To ask whether the new copies of Steamer might have activated expression of a host oncogene, postdoctoral fellow Dr. Michael Metzger cloned and sequenced a number of integration sites from various tumor DNAs. Surprisingly, the majority of the integration sites were identical in multiple tumors, suggesting the tumors might be clonally related. Genotyping proved this to be true. Examination of mitochondrial DNA single nucleotide polymorphisms (SNPs) and polymorphic microsatellite alleles showed that the genotypes of neoplastic cells did not match those of the host animal. Instead, neoplastic cells of animals from dispersed locations in New York, Maine, and Prince Edward Island (PEI), Canada, all had nearly identical genotypes that differed from those of the host. These results confirmed that the cancer is spreading between animals in the marine environment as a clonal transmissible cell derived from a single original clam.

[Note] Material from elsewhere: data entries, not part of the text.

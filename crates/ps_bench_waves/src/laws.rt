// What holds of every dump.

ghost use Rattle.std.specs.Prelude.{◌≡◌, ◌<◌, ◌≤◌, ◌++◌, ℕ, List, true, false, length, map};
ghost use Rattle.std.specs.List.{list_all, AllByRecursion};
ghost use Rattle.ps_bench_waves.specs.declared.identifier.TheConstants.{MOST_WIRES};
ghost use Rattle.ps_bench_waves.specs.Values.{Held};
ghost use Rattle.ps_bench_waves.specs.Identifiers.{identifier};
ghost use Rattle.ps_bench_waves.specs.Text.{Moment, scans_text};
ghost use Rattle.ps_bench_waves.specs.Declarations.{wire_text};
ghost use Rattle.ps_bench_waves.specs.Reading.{scans_read, tokens};
ghost use Rattle.ps_bench_waves.specs.declared.wire.Wire.{Wire};
ghost use Rattle.ps_bench_waves.specs.ReadBack.{IsReadable, identifiers, is_printable, seen, wire_tokens};

/// No two wires have the same identifier; and each character prints of those of the most wires that a dump may have.
pub fn identifiers_are_unique()
    ensures unique { (wire other : ℕ) → identifier wire ≡ identifier other → wire ≡ other }
    ensures printable { (wire : ℕ) → wire < MOST_WIRES → list_all is_printable (identifier wire) ≡ true }
{}

/// A reader of the value changes gives each scan back that was written, with its time and the value of each wire, and
/// no other scan: whatever the wires had, however many scans there are, and whichever times stand again.
pub fn read_back()
    ensures { (wires : ℕ) (blank : List Held) (moments : List Moment) → length blank ≡ wires →
        AllByRecursion (IsReadable wires) moments →
        scans_read (identifiers wires) (scans_text false blank moments) ≡ map seen moments }
{}

/// The declaration of a wire whose name has printable characters alone is read as its type, the number of its bits, its
/// identifier and its name, whatever stands after.
pub fn wires_are_declared()
    ensures { (number : ℕ) (wire : Wire) (rest : List ℕ) → 0 < length wire.name →
        list_all is_printable wire.name ≡ true →
        tokens (wire_text number wire ++ rest) ≡ wire_tokens number wire ++ tokens rest }
{}
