// A line that is made in room that was taken before.

ghost use Rattle.std.specs.Prelude.{◌≡◌, ◌+◌, ◌≤◌, ◌++◌, [], length, decimal, IfOk};
ghost use Rattle.ps_report.specs.Lines.{code_text};

use itoa::Buffer;
use ps_base::Memory;
use std::alloc::Global;
use std::marker::Model;

/// A line that is made in room that was taken before. Contracts see what stands in it, and how much room it has.
#[derive(Drop)]
pub struct Line {
    bytes: Vec<u8>,
    len: usize,
}

impl Model for Line {
    ghost use Rattle.std.specs.Prelude.{take, vec_len, ◌≤◌};
    ghost use Rattle.ps_bench_waves.specs.LineTexts.{LineText};

    ghost Value = { LineText };

    ghost view = { λ l. record { text = take l.len l.bytes.items; room = vec_len l.bytes } };

    ghost invariant = { λ l. l.len ≤ vec_len l.bytes };
}

// A DiagCode in four capital hexadecimal digits.
fn code_digits(code: u16) -> [u8; 4]
    ensures { result ≡ code_text code }
{
    let mut digits = [0u8; 4];
    let _written = hex::encode_to_slice(&code.to_be_bytes(), &mut digits);
    digits.make_ascii_uppercase();
    digits
}

impl Line {
    /// An empty line with so much room, in bytes.
    pub fn with_room(alloc: Global, room: usize) -> Result<Line, Memory>
        ensures text { IfOk result (λ l. l.text ≡ []) }
        ensures room { IfOk result (λ l. l.room ≡ room) }
    {
        Ok(Line {
            bytes: vec![in alloc; 0; room]?,
            len: 0,
        })
    }

    /// How many bytes stand in it.
    pub fn len(&self) -> usize
        ensures { result ≡ length self.now.text }
    {
        self.len
    }

    /// Makes it empty.
    pub fn clear(&mut self)
        ensures text { self.new.text ≡ [] }
        ensures room { self.new.room ≡ self.old.room }
    {
        self.len = 0;
    }

    /// Puts bytes at the end.
    pub fn put(&mut self, bytes: &[u8])
        requires { length self.old.text + length bytes.now ≤ self.old.room }
        ensures text { self.new.text ≡ self.old.text ++ bytes.now }
        ensures len { length self.new.text ≡ length self.old.text + length bytes.now }
        ensures room { self.new.room ≡ self.old.room }
    {
        let upto = self.len + bytes.len();
        self.bytes[self.len..upto].copy_from_slice(bytes);
        self.len = upto;
    }

    /// Puts a number of up to ten digits at the end.
    pub fn put_count(&mut self, number: u32)
        requires { length self.old.text + 10 ≤ self.old.room }
        ensures text { self.new.text ≡ self.old.text ++ decimal number }
        ensures len { length self.new.text ≤ length self.old.text + 10 }
        ensures room { self.new.room ≡ self.old.room }
    {
        let mut digits = Buffer::new();
        self.put(digits.format(number).as_bytes());
    }

    /// Puts a DiagCode at the end, in four capital hexadecimal digits.
    pub fn put_code(&mut self, code: u16)
        requires { length self.old.text + 4 ≤ self.old.room }
        ensures text { self.new.text ≡ self.old.text ++ code_text code }
        ensures len { length self.new.text ≡ length self.old.text + 4 }
        ensures room { self.new.room ≡ self.old.room }
    {
        self.put(&code_digits(code));
    }

    /// What stands in it.
    pub fn as_slice(&self) -> &[u8]
        ensures { result.now ≡ self.now.text }
    {
        &self.bytes[..self.len]
    }
}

Recently neoplasias in a variety of other species of molluscs were also found to have a similar basis. Dr. Goff and his colleagues discovered that the cancers in each species were caused by independent clones of cancer cells that were genetically distinct from their hosts. They also found that in one species, the carpet shell clam, the infectious clone of cancer cells was derived from a related but distinct species and resulted from a cross-species transmission. Dr. Goff’s work suggests that contagious cancers may be more common in nature than previously supposed, and can arise whenever there are routes of transmission and no immune system able to reject them.